We plan to drive to Pompeii via eastern France, Switz, Milan etc and returning via the riviera to a campsite in Sth France for a few days, and wondered if anyone can suggest aire stopover points and campsites during the first two weeks in September. Is Camping Zeus near Pompeii ok?
Thanks
PS, Anyone care to join us?
Rex and Denise


----------



## billym (Dec 17, 2005)

We were in Pompeii last September. Camping Zeus, Camping Pompeii and Camping Spartacus are right by the ruins. As campsites go they are the pits. Driving around Pompeii, Naples etc is rather like being in a Playstation game and does not resemble anything we are used to. Having said that the campsites are infinately better than freecamping round there, that must be for the very tough or the MHF imprisonned. We stayed a couple of weeks on a Sosta in Rome ( Planet Camper ) and one at Marina del Pisa. As you get into France on the Cote D Azur there are loads of decent Aires all found on campingcar-infos


----------



## rexos (Oct 16, 2006)

*Pompeii Sept `07*

Come on you lot, why not join us?
We are on the 0200 P&O boat Sat 1st Sept, and driving through Reims to Basel, Milan and on to Naples. Have tried to book various sites next to the Pompeii ruins, with difficulty, so we will go on `spec`!
Hope the kids will be back at school!
Rex n Denise


----------



## Bernies (Mar 22, 2007)

We would love to join you - it sounds like a great trip - unfortunately we can't as we are over at the beginning of October after depositing my youngest at uni in Aberdeen. 

Have a great time! 

Bernie's OH


----------



## eddied (May 9, 2005)

*Pompei September 2007*

 
Ciao, e benvenuti.
Don't try and wildcamp around the Bay of Naples or Pompei, there just isn't really anywhere suitable.

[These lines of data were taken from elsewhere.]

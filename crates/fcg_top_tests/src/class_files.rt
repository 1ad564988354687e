use fcg_make::{NotWritable, WriteError, write_class};
use fcg_views::{
    Bytes, HandleKind, Items, Method, Name, NoMemory, Ref, Site, SiteKind, View, is_valid,
};
use std::alloc::Global;
use std::test::Fail;

/// An owner, whether it is an interface, and a name and a descriptor.
pub type Member<'a> = (&'a str, bool, &'a str, &'a str);

fn target_of(alloc: Global, member: Member<'_>) -> Result<Ref, NoMemory> {
    let (owner, owner_is_interface_ref, name, desc) = member;
    let owner = Name::from_slice(alloc, owner.as_bytes())?;
    let name = Name::from_slice(alloc, name.as_bytes())?;
    let desc = Name::from_slice(alloc, desc.as_bytes())?;
    Ok(Ref {
        owner,
        owner_is_interface_ref,
        name,
        desc,
    })
}

/// A site more.
pub fn push_site(
    sites: &mut Vec<Site>,
    alloc: Global,
    pc: u16,
    kind: SiteKind,
    member: Member<'_>,
) -> Result<(), NoMemory> {
    let target = target_of(alloc, member)?;
    sites.push(Site { pc, kind, target })?;
    Ok(())
}

fn one_site(
    alloc: Global,
    pc: u16,
    kind: SiteKind,
    member: Member<'_>,
) -> Result<Vec<Site>, NoMemory> {
    let mut sites = Vec::new(alloc);
    push_site(&mut sites, alloc, pc, kind, member)?;
    Ok(sites)
}

/// A method more.
pub fn push_method(
    methods: &mut Vec<Method>,
    alloc: Global,
    name: &str,
    desc: &str,
    flags: u16,
    sites: Vec<Site>,
) -> Result<(), NoMemory> {
    let name = Name::from_slice(alloc, name.as_bytes())?;
    let desc = Name::from_slice(alloc, desc.as_bytes())?;
    let sites = Items::from(sites);
    methods.push(Method {
        name,
        desc,
        flags,
        sites,
    })?;
    Ok(())
}

/// A view of a type below `java/lang/Object`.
pub fn view_of(
    alloc: Global,
    name: &str,
    flags: u16,
    methods: Vec<Method>,
) -> Result<View, NoMemory> {
    let name = Name::from_slice(alloc, name.as_bytes())?;
    let superclass = Some(Name::from_slice(alloc, b"java/lang/Object")?);
    Ok(View {
        name,
        flags,
        superclass,
        interfaces: Items::from(Vec::new(alloc)),
        fields: Items::from(Vec::new(alloc)),
        methods: Items::from(methods),
    })
}

// A view of a type `C` or another with one method.
fn view_with(
    alloc: Global,
    class: &str,
    flags: u16,
    method: (&str, &str, u16),
    sites: Vec<Site>,
) -> Result<View, NoMemory> {
    let mut methods = Vec::new(alloc);
    let (name, desc, method_flags) = method;
    push_method(&mut methods, alloc, name, desc, method_flags, sites)?;
    view_of(alloc, class, flags, methods)
}

/// The class file of a view, where the view is valid.
pub fn written(alloc: Global, view: &View) -> Option<Result<Bytes, WriteError>> {
    if is_valid(view) {
        Some(write_class(alloc, view))
    } else {
        None
    }
}

// Whether a view is valid, and its class file has these bytes.
fn is_written(alloc: Global, view: &View, want: &[u8]) -> bool {
    match written(alloc, view) {
        Some(Ok(bytes)) => bytes.as_slice() == want,
        _ => false,
    }
}

/// Whether a view is valid, and isn't written for this.
pub fn is_refused(alloc: Global, view: &View, want: NotWritable) -> bool {
    match written(alloc, view) {
        Some(Err(refusal)) => refusal == WriteError::NotWritable(want),
        _ => false,
    }
}

// The smallest class file.
#[test]
fn writes_an_interface(rt: HostRuntime) -> Result<(), Fail> {
    let view = view_of(rt.alloc(), "I", 0x601, Vec::new(rt.alloc()))?;
    let want =
        b"\xca\xfe\xba\xbe\0\0\0\x41\0\x05\x01\0\x01I\x07\0\x01\x01\0\x10java/lang/Object\x07\0\x03\x06\x01\0\x02\0\x04\0\0\0\0\0\0\0\0";
    assert!(rt; is_written(rt.alloc(), &view, want));
    Ok(())
}

// A method that calls itself.
#[test]
fn writes_a_call(rt: HostRuntime) -> Result<(), Fail> {
    let sites = one_site(rt.alloc(), 0, SiteKind::Virtual, ("C", false, "m", "()V"))?;
    let view = view_with(rt.alloc(), "C", 0x21, ("m", "()V", 1), sites)?;
    let want =
        b"\xca\xfe\xba\xbe\0\0\0\x41\0\x0a\x01\0\x01C\x07\0\x01\x01\0\x10java/lang/Object\x07\0\x03\x01\0\x01m\x01\0\x03()V\x01\0\x04Code\x0c\0\x05\0\x06\x0a\0\x02\0\x08\0\x21\0\x02\0\x04\0\0\0\0\0\x01\0\x01\0\x05\0\x06\0\x01\0\x07\0\0\0\x10\xff\xff\xff\xff\0\0\0\x04\xb6\0\x09\xb1\0\0\0\0\0\0";
    assert!(rt; is_written(rt.alloc(), &view, want));
    Ok(())
}

// A static field, an interface method and a new object.
#[test]
fn writes_a_site_of_each_form(rt: HostRuntime) -> Result<(), Fail> {
    let mut sites = one_site(rt.alloc(), 0, SiteKind::StaticField, ("E", false, "f", "I"))?;
    let call = ("F", true, "g", "()V");
    push_site(&mut sites, rt.alloc(), 3, SiteKind::Interface, call)?;
    push_site(
        &mut sites,
        rt.alloc(),
        8,
        SiteKind::New,
        ("G", false, "", ""),
    )?;
    let view = view_with(rt.alloc(), "D", 0x21, ("m", "()V", 1), sites)?;
    let want =
        b"\xca\xfe\xba\xbe\0\0\0\x41\0\x15\x01\0\x01D\x07\0\x01\x01\0\x10java/lang/Object\x07\0\x03\x01\0\x01m\x01\0\x03()V\x01\0\x04Code\x01\0\x01E\x07\0\x08\x01\0\x01f\x01\0\x01I\x0c\0\x0a\0\x0b\x09\0\x09\0\x0c\x01\0\x01F\x07\0\x0e\x01\0\x01g\x0c\0\x10\0\x06\x0b\0\x0f\0\x11\x01\0\x01G\x07\0\x13\0\x21\0\x02\0\x04\0\0\0\0\0\x01\0\x01\0\x05\0\x06\0\x01\0\x07\0\0\0\x18\xff\xff\xff\xff\0\0\0\x0c\xb2\0\x0d\xb9\0\x12\x01\0\xbb\0\x14\xb1\0\0\0\0\0\0";
    assert!(rt; is_written(rt.alloc(), &view, want));
    Ok(())
}

// A method with a method handle of itself, after a nop.
#[test]
fn writes_a_handle(rt: HostRuntime) -> Result<(), Fail> {
    let kind = SiteKind::Handle(HandleKind::K6);
    let sites = one_site(rt.alloc(), 1, kind, ("L", false, "r", "()V"))?;
    let view = view_with(rt.alloc(), "L", 0x21, ("r", "()V", 9), sites)?;
    let want =
        b"\xca\xfe\xba\xbe\0\0\0\x41\0\x0f\x01\0\x01L\x07\0\x01\x01\0\x10java/lang/Object\x07\0\x03\x01\0\x01r\x01\0\x03()V\x01\0\x04Code\x01\0\x01x\x0c\0\x08\0\x06\x12\0\0\0\x09\x01\0\x10BootstrapMethods\x0c\0\x05\0\x06\x0a\0\x02\0\x0c\x0f\x06\0\x0d\0\x21\0\x02\0\x04\0\0\0\0\0\x01\0\x09\0\x05\0\x06\0\x01\0\x07\0\0\0\x13\xff\xff\xff\xff\0\0\0\x07\0\xba\0\x0a\0\0\xb1\0\0\0\0\0\x01\0\x0b\0\0\0\x06\0\x01\0\x0e\0\0";
    assert!(rt; is_written(rt.alloc(), &view, want));
    Ok(())
}

// The flags of a type, the name and the descriptor of its method, and the place of its site. Each breaks the rule, and all
// rules after it that it can.
const REFUSED: &[(u16, &str, &str, u16, NotWritable)] = &[
    (0x8000, "", "V", 65_533, NotWritable::Name),
    (0x8000, "m", "V", 65_533, NotWritable::Descriptor),
    (0x8000, "m", "()V", 65_533, NotWritable::Kind),
    (0x21, "m", "()V", 65_533, NotWritable::Places),
];

#[test]
fn refuses(rt: HostRuntime) -> Result<(), Fail> {
    for (flags, name, desc, pc, want) in REFUSED {
        let sites = one_site(rt.alloc(), *pc, SiteKind::Static, ("C", false, "m", "()V"))?;
        let view = view_with(rt.alloc(), "C", *flags, (name, desc, 9), sites)?;
        assert!(rt; is_refused(rt.alloc(), &view, *want));
    }
    Ok(())
}

// So many names.
fn numbers(alloc: Global, count: u32) -> Result<Vec<Name>, NoMemory> {
    let mut names = Vec::new(alloc);
    let mut name = String::new(alloc);
    for number in 0..count {
        name.clear();
        write!(name, "{number}")?;
        names.push(Name::from_slice(alloc, name.as_bytes())?)?;
    }
    Ok(names)
}

// A view of a type below so many interfaces, each of another name.
fn view_below(alloc: Global, count: u32) -> Result<View, NoMemory> {
    let mut view = view_of(alloc, "C", 0x21, Vec::new(alloc))?;
    view.interfaces = Items::from(numbers(alloc, count)?);
    Ok(view)
}

// The type, its superclass and each interface have two entries, and a pool has at most 65,534.
#[test]
fn fills_the_pool(rt: HostRuntime) -> Result<(), Fail> {
    let full = view_below(rt.alloc(), 32_765)?;
    assert!(rt; matches!(written(rt.alloc(), &full), Some(Ok(_))));
    let above = view_below(rt.alloc(), 32_766)?;
    assert!(rt; is_refused(rt.alloc(), &above, NotWritable::PoolFull));
    Ok(())
}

The only merit of the three campsites you mention is they're being so conveniento to the excavations.
I suggest you come on to the Sorrento Peninsula, make that your base, and then use the excellent train service between Sorrento, Pompei, Ercolano, Naples to visit the archeological sites, towns, and museums.
The railway is the Circumvesuviana, trains are frequent (about every 20 mins at peak times) and won't cost you more than 3 Euros round trip.
Altho I don't have their details to hand, there are several camp sites you can research:
Camping Nube d'Argento, Sorrento
Camping Santa Fortunata, Sorrento
There are also other sites in Massalubrense, very picturesque, but not quite so handy for public transport.
A lot of campsites listed on
www.camping.it
A lot of aree (aires) on
www.turismotinerante.it
www.guidacamper.it
a good area di sosta for Roma, www.parkingleterrazze.it
enjoy your trip and your stay down here.
saluti,
eddied


----------



## eddied (May 9, 2005)

*Pompei September 2007*

 
Edit to previous post.
when searching on www.camping.it
you need to click on 'Campania' region ' Napoli' province.
You will then get all the sites in Pompei, plus all those on the Sorrento Peninsula : Meta, Piano di Sorrento, Sant'Agnello, Sorrento, and Massalubrense.
Those listed for Vico Equense are also in quite a nice spot, but quite an uphill trek to the Circumvesuviana station of 'Seiano', altho there is also a bus service from Seiano/Marina di Aequa to the Circumvesuviana station (and back again of course, altho on the return it's all downhill)
saluti,
eddied


----------